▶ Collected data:
******
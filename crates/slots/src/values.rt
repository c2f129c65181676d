// What the variables are given to stand for, and how a test inside a walk is read. Knows no text and no set of positions.
ghost use Rattle.std.specs.Prelude.{◌≡◌, ◌<◌, length, set};
ghost use Rattle.grammar.specs.Letters.{variables};
ghost use Rattle.runs.specs.Values.{unbound, inside_of};
ghost use Rattle.steps.specs.Values.{listed};

use steps::letters::Values;

// No variable is bound.
pub fn none_bound(domain: usize, own: usize, inner: usize) -> Values
    ensures { listed result ≡ unbound domain own inner }
{
    Values {
        of: [0, 0, 0, 0],
        domain,
        own,
        inner,
    }
}

// The same inside a `<`.
pub fn inside(vars: &Values) -> Values
    ensures { listed result ≡ inside_of (listed vars.now) }
{
    Values {
        own: vars.inner,
        ..*vars
    }
}

// The same with another value for one variable.
pub fn rebound(vars: &Values, place: usize, value: usize) -> Values
    requires { place < length variables }
    ensures { listed result ≡ set (listed vars.now) place value }
{
    let mut of = vars.of;
    of[place] = value;
    Values { of, ..*vars }
}
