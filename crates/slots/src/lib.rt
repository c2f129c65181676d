#![tactic(auto)]
// What a run of the evaluator keeps and goes by: a set of positions for each place of the text, what the variables stand for, and how a test inside a walk is read. Knows no rule.
pub mod readings; // readings.rt: how a `?` goes over a set of positions
pub mod slots; // slots.rt: what a run keeps
pub mod values; // values.rt: what the variables are given to stand for

// "0 is `step`": the reading of a job's own tests.
pub const STEP: usize = 0;
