// One instruction of an executor.
ghost use Rattle.std.specs.Prelude.{◌≡◌, ◌+◌, ◌<◌, ◌^◌, Some};
ghost use Rattle.riscu.specs.Registers.{Registers};
ghost use Rattle.rows.specs.Rows.{depth_of};
ghost use Rattle.rows.specs.Lent.{seen, lent, SameSlices};
ghost use Rattle.calls.specs.Calls.{step_to, system};
ghost use Rattle.machine.specs.Steps.{half_at, fetched, followed, executed, deeper};
ghost use Rattle.machine.specs.Handing.{handed_on, stepped_by};

use answers::error::{ExecutorError, NotSupportedReason};
use answers::outcome::Outcome;
use calls::step::Step;
use calls::system::{complete_write, execute_ecall};
use execution::{Next, execute};
use known::Known;
use riscu::instruction::Instruction;
use rows::row::{DEPTH, PC, RowMut, RowRef};
use values::Value;

const HALF: u64 = 0x1_0000_0000;

#[tactic(auto, unfolding(crate::specs::Steps::half_at))]
fn half_at(pc: u64, value: Value) -> Result<u32, ExecutorError>
    ensures { result ≡ half_at pc value }
{
    let Value::Concrete(x) = value else {
        return Err(ExecutorError::NotSupported(NotSupportedReason::FetchUninitializedWord));
    };
    if pc % 8 == 0 {
        Ok((x % HALF) as u32)
    } else {
        Ok((x / HALF) as u32)
    }
}

// The word at pc, or why there is none.
#[tactic(auto, unfolding(crate::specs::Steps::fetched))]
fn fetch(row: RowRef) -> Result<u32, ExecutorError>
    ensures { result ≡ fetched (seen row.entry) }
{
    let pc = row.words[PC];
    let m = (pc / 8) as usize;
    if m < row.memory_words() {
        half_at(pc, row.read_memory(m))
    } else {
        Err(ExecutorError::PcOutOfRange)
    }
}

// Fetches the next instruction, which counts as executed.
fn fetch_next(row: &mut RowMut) -> Result<u32, ExecutorError>
    requires { depth_of (lent row.old) + 1 < 2 ^ 64 }
    ensures value { result ≡ fetched (deeper (lent row.old)) }
    ensures row_after { lent row.new ≡ deeper (lent row.old) }
    ensures same_slices { SameSlices row.old row.new }
{
    row.words[DEPTH] = row.words[DEPTH] + 1;
    fetch(row.view())
}

// A system call; a write call is handed out, or completed at once: its bytes go nowhere then. Each arm says what it comes to: with
// one arm for the steps that stay, the compiler asks after each instruction whether to go on, and a run is slower by a fifth.
#[tactic(auto, unfolding(crate::specs::Handing::handed))]
fn call(row: &mut RowMut, tape: &[u64], used: &mut usize, handing: bool) -> Step
    ensures row_after { step_to result used.new (lent row.new) ≡ handed_on handing (system tape.now used.old (lent row.old)) }
    ensures same_slices { SameSlices row.old row.new }
{
    match execute_ecall(row, tape, used) {
        Step::Running => Step::Running,
        Step::Write { buffer, size } => {
            if handing {
                return Step::Write { buffer, size };
            }
            complete_write(row, size);
            Step::Running
        }
        Step::Ended(outcome) => Step::Ended(outcome),
    }
}

#[tactic(auto, unfolding(crate::specs::Steps::followed, crate::specs::Handing::handed))]
fn follow(row: &mut RowMut, next: Next, tape: &[u64], used: &mut usize, handing: bool) -> Step
    ensures row_after { step_to result used.new (lent row.new)
        ≡ handed_on handing (followed next tape.now used.old (lent row.old)) }
    ensures same_slices { SameSlices row.old row.new }
{
    match next {
        Next::Instruction => Step::Running,
        Next::Call => call(row, tape, used, handing),
        Next::End(outcome) => Step::Ended(outcome),
    }
}

#[tactic(auto, unfolding(crate::specs::Steps::executed))]
fn advance(
    row: &mut RowMut,
    instruction: &Instruction,
    tape: &[u64],
    used: &mut usize,
    handing: bool,
) -> Step
    requires { Registers instruction.now }
    ensures row_after { step_to result used.new (lent row.new)
        ≡ handed_on handing (executed (Some instruction.now) tape.now used.old (lent row.old)) }
    ensures same_slices { SameSlices row.old row.new }
{
    let next = execute(row, instruction);
    follow(row, next, tape, used, handing)
}

// The next instruction, fetched, decoded and carried out.
pub(crate) fn take_step(
    row: &mut RowMut,
    tape: &[u64],
    used: &mut usize,
    known: &mut Known,
    handing: bool,
) -> Step
    requires { depth_of (lent row.old) + 1 < 2 ^ 64 }
    ensures row_after { step_to result used.new (lent row.new) ≡ stepped_by handing tape.now used.old (lent row.old) }
    ensures same_slices { SameSlices row.old row.new }
{
    let pc = row.words[PC];
    let word = match fetch_next(row) {
        Ok(word) => word,
        Err(error) => return Step::Ended(Outcome::Failed(error)),
    };
    match known.decode(pc, word) {
        Some(instruction) => advance(row, instruction, tape, used, handing),
        None => Step::Ended(Outcome::Failed(ExecutorError::InvalidInstructionEncoding)),
    }
}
******
Nothing in the records may be left out; reproduce them exactly.

▶ Solved problem:
filename crates/slots/src/values.rt
repository c2f129c65181676d
// What the variables are given to stand for, and how a test inside a walk is read. Knows no text and no set of positions.
ghost use Rattle.std.specs.Prelude.{◌≡◌, ◌<◌, length, set};
ghost use Rattle.grammar.specs.Letters.{variables};
ghost use Rattle.runs.specs.Values.{unbound, inside_of};
ghost use Rattle.steps.specs.Values.{listed};

use steps::letters::Values;

// No variable is bound.
pub fn none_bound(domain: usize, own: usize, inner: usize) -> Values
    ensures { listed result ≡ unbound domain own inner }
{
    Values {
        of: [0, 0, 0, 0],
        domain,
        own,
        inner,
    }
}

// The same inside a `<`.
pub fn inside(vars: &Values) -> Values
    ensures { listed result ≡ inside_of (listed vars.now) }
{
    Values {
        own: vars.inner,
        ..*vars
    }
}

// The same with another value for one variable.
pub fn rebound(vars: &Values, place: usize, value: usize) -> Values
    requires { place < length variables }
    ensures { listed result ≡ set (listed vars.now) place value }
{
    let mut of = vars.of;
    of[place] = value;
    Values { of, ..*vars }
}
filename crates/slots/src/lib.rt
repository c2f129c65181676d
#![tactic(auto)]
// What a run of the evaluator keeps and goes by: a set of positions for each place of the text, what the variables stand for, and how a test inside a walk is read. Knows no rule.
pub mod readings; // readings.rt: how a `?` goes over a set of positions
pub mod slots; // slots.rt: what a run keeps
pub mod values; // values.rt: what the variables are given to stand for

// "0 is `step`": the reading of a job's own tests.
pub const STEP: usize = 0;
// One instruction of an executor.
ghost use Rattle.std.specs.Prelude.{◌≡◌, ◌+◌, ◌<◌, ◌^◌, Some};
ghost use Rattle.riscu.specs.Registers.{Registers};
ghost use Rattle.rows.specs.Rows.{depth_of};
ghost use Rattle.rows.specs.Lent.{seen, lent, SameSlices};
ghost use Rattle.calls.specs.Calls.{step_to, system};
ghost use Rattle.machine.specs.Steps.{half_at, fetched, followed, executed, deeper};
ghost use Rattle.machine.specs.Handing.{handed_on, stepped_by};

use answers::error::{ExecutorError, NotSupportedReason};
use answers::outcome::Outcome;
use calls::step::Step;
use calls::system::{complete_write, execute_ecall};
use execution::{Next, execute};
use known::Known;
use riscu::instruction::Instruction;
use rows::row::{DEPTH, PC, RowMut, RowRef};
use values::Value;

const HALF: u64 = 0x1_0000_0000;

#[tactic(auto, unfolding(crate::specs::Steps::half_at))]
fn half_at(pc: u64, value: Value) -> Result<u32, ExecutorError>
    ensures { result ≡ half_at pc value }
{
    let Value::Concrete(x) = value else {
        return Err(ExecutorError::NotSupported(NotSupportedReason::FetchUninitializedWord));
    };
    if pc % 8 == 0 {
        Ok((x % HALF) as u32)
    } else {
        Ok((x / HALF) as u32)
    }
}

// The word at pc, or why there is none.
#[tactic(auto, unfolding(crate::specs::Steps::fetched))]
fn fetch(row: RowRef) -> Result<u32, ExecutorError>
    ensures { result ≡ fetched (seen row.entry) }
{
    let pc = row.words[PC];
    let m = (pc / 8) as usize;
    if m < row.memory_words() {
        half_at(pc, row.read_memory(m))
    } else {
        Err(ExecutorError::PcOutOfRange)
    }
}

// Fetches the next instruction, which counts as executed.
fn fetch_next(row: &mut RowMut) -> Result<u32, ExecutorError>
    requires { depth_of (lent row.old) + 1 < 2 ^ 64 }
    ensures value { result ≡ fetched (deeper (lent row.old)) }
    ensures row_after { lent row.new ≡ deeper (lent row.old) }
    ensures same_slices { SameSlices row.old row.new }
{
    row.words[DEPTH] = row.words[DEPTH] + 1;
    fetch(row.view())
}

// A system call; a write call is handed out, or completed at once: its bytes go nowhere then. Each arm says what it comes to: with
// one arm for the steps that stay, the compiler asks after each instruction whether to go on, and a run is slower by a fifth.
#[tactic(auto, unfolding(crate::specs::Handing::handed))]
fn call(row: &mut RowMut, tape: &[u64], used: &mut usize, handing: bool) -> Step
    ensures row_after { step_to result used.new (lent row.new) ≡ handed_on handing (system tape.now used.old (lent row.old)) }
    ensures same_slices { SameSlices row.old row.new }
{
    match execute_ecall(row, tape, used) {
        Step::Running => Step::Running,
        Step::Write { buffer, size } => {
            if handing {
                return Step::Write { buffer, size };
            }
            complete_write(row, size);
            Step::Running
        }
        Step::Ended(outcome) => Step::Ended(outcome),
    }
}

#[tactic(auto, unfolding(crate::specs::Steps::followed, crate::specs::Handing::handed))]
fn follow(row: &mut RowMut, next: Next, tape: &[u64], used: &mut usize, handing: bool) -> Step
    ensures row_after { step_to result used.new (lent row.new)
        ≡ handed_on handing (followed next tape.now used.old (lent row.old)) }
    ensures same_slices { SameSlices row.old row.new }
{
    match next {
        Next::Instruction => Step::Running,
        Next::Call => call(row, tape, used, handing),
        Next::End(outcome) => Step::Ended(outcome),
    }
}

#[tactic(auto, unfolding(crate::specs::Steps::executed))]
fn advance(
    row: &mut RowMut,
    instruction: &Instruction,
    tape: &[u64],
    used: &mut usize,
    handing: bool,
) -> Step
    requires { Registers instruction.now }
    ensures row_after { step_to result used.new (lent row.new)
        ≡ handed_on handing (executed (Some instruction.now) tape.now used.old (lent row.old)) }
    ensures same_slices { SameSlices row.old row.new }
{
    let next = execute(row, instruction);
    follow(row, next, tape, used, handing)
}

// The next instruction, fetched, decoded and carried out.
pub(crate) fn take_step(
    row: &mut RowMut,
    tape: &[u64],
    used: &mut usize,
    known: &mut Known,
    handing: bool,
) -> Step
    requires { depth_of (lent row.old) + 1 < 2 ^ 64 }
    ensures row_after { step_to result used.new (lent row.new) ≡ stepped_by handing tape.now used.old (lent row.old) }
    ensures same_slices { SameSlices row.old row.new }
{
    let pc = row.words[PC];
    let word = match fetch_next(row) {
        Ok(word) => word,
        Err(error) => return Step::Ended(Outcome::Failed(error)),
    };
    match known.decode(pc, word) {
        Some(instruction) => advance(row, instruction, tape, used, handing),
        None => Step::Ended(Outcome::Failed(ExecutorError::InvalidInstructionEncoding)),
    }
}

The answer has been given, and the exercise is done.